Aging and Mental Health
Publication types: Journal ArticlePublication Status: ppublish
Objectives: Psychological predictors, such as personality traits, have aroused growing interest as possible predictors of late-life depression outcome in old age. It remains, however, unclear whether the cross-sectional relationship between personality traits and depression occurrence reported in younger samples is also present in the elderly. Methods: Comparisons amongst 79 outpatients with DSM-IV major depression and 102 healthy controls included assessment of the five-factor model of personality (NEO PI-R), socio-demographic variables, physical health status, as well as depression features. Two sub-groups were considered, defined as young (25-50 years) and old (60-85 years) patients. Results: Depressed patients showed significantly higher levels of Neuroticism and lower levels of Extraversion, Openness to Experience and Conscientiousness compared to controls.

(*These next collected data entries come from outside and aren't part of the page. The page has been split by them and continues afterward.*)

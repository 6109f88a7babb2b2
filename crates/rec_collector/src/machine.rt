ghost use Rattle.std.specs.Prelude.{◌≡◌, ◌≢◌, ◌+◌, ◌*◌, ◌^◌, ◌<◌, ◌≤◌, ◌↔◌, ℕ, None, All, length, IfOk, IsNone, true};
ghost use Rattle.rec_word.specs.Looked.{looked};
ghost use Rattle.rec_word.specs.declared.looked.Looked.TheVariants.{Waits};
ghost use Rattle.rec_counts.specs.Counts.{slot_at};
ghost use Rattle.rec_collector.specs.Causes.{HasCause};
ghost use Rattle.rec_counts.specs.Batch.{IsCovered};
ghost use Rattle.rec_collector.specs.Given.{IsFreeingIn, IsGiven, IsGivenAt, IsPreparingIn, IsReleasingIn, IsSized, IsSwapping, IsSweepingIn, IsTryingIn, IsWork, swapping_for};
ghost use Rattle.rec_collector.specs.Gathering.{MayGatherBehind};
ghost use Rattle.rec_collector.specs.Kind.{kind_of};
ghost use Rattle.rec_collector.specs.Kept.{IsMachine, KeepsSizes, limit_of};
ghost use Rattle.rec_collector.specs.Next.{next_of};
ghost use Rattle.rec_collector.specs.Present.{HaveLeft};
ghost use Rattle.rec_collector.specs.Private.{Private, opened};
ghost use Rattle.rec_collector.specs.declared.turn.Turn.{Turn};
ghost use Rattle.rec_collector.specs.Took.{behind, behind_turn, came_turn, crossed_for, ended_if, left_of, swapped_of, took_at, took_of, turn_at, turn_of};

mod runs;

use crate::buffers::{clear_all, open_rows, open_spares};
use crate::kind::Kind;
use crate::parts::Parts;
use crate::phase::Phase;
use crate::policy::Policy;
use crate::present::next_present;
use crate::sets::Sets;
use crate::turn::Turn;
use rec_counts::Counts;
use rec_log::{Buffer, Frame};
use rec_release::Sweep;
use rec_word::{Looked, Op};
use std::alloc::{AllocError as NoMemory, Global};
use std::marker::Model;
use std::mem;

// The first epoch that no word can hold.
const EPOCHS: u32 = 1 << 24;

/// The collector: the counts, two buffers for each mutator, and how far its collection has come. Its memory is taken when
/// it is opened.
#[derive(Drop)]
pub struct Machine {
    epoch: u32,
    collections: u32,
    freed: u64,
    turns: u64,
    phase: Phase,
    registers: u8,
    capacity: u32,
    parts: Parts,
    newer: Vec<Buffer>,
    older: Vec<Buffer>,
    left: Vec<bool>,
}

impl Model for Machine {
    ghost use Rattle.rec_collector.specs.Private.{Private};

    ghost Value = { Private };

    ghost use Rattle.rec_collector.specs.Inside.{private, IsKept};

    ghost view = { private };

    ghost invariant = { IsKept };
}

Sequential logistic regression models confirmed that the combination of increased physical burden, levels of dependency, and increased Neuroticism strongly predicts the occurrence of acute depressive symptoms. In contrast, the levels of Neuroticism did not allow for differentiating late-life from young age depression. Increased physical burden and decreased depression severity were the main predictors for this distinction. Conclusion: Our data indicate that personality factors and depression are related, independently of patients' age. Differences in this relationship are mainly due to the intensity of depressive symptoms rather than the patients' life period. They also stress the need to consider physical health, level of dependency and severity of symptoms when studying the relationship between personality traits and mood disorders.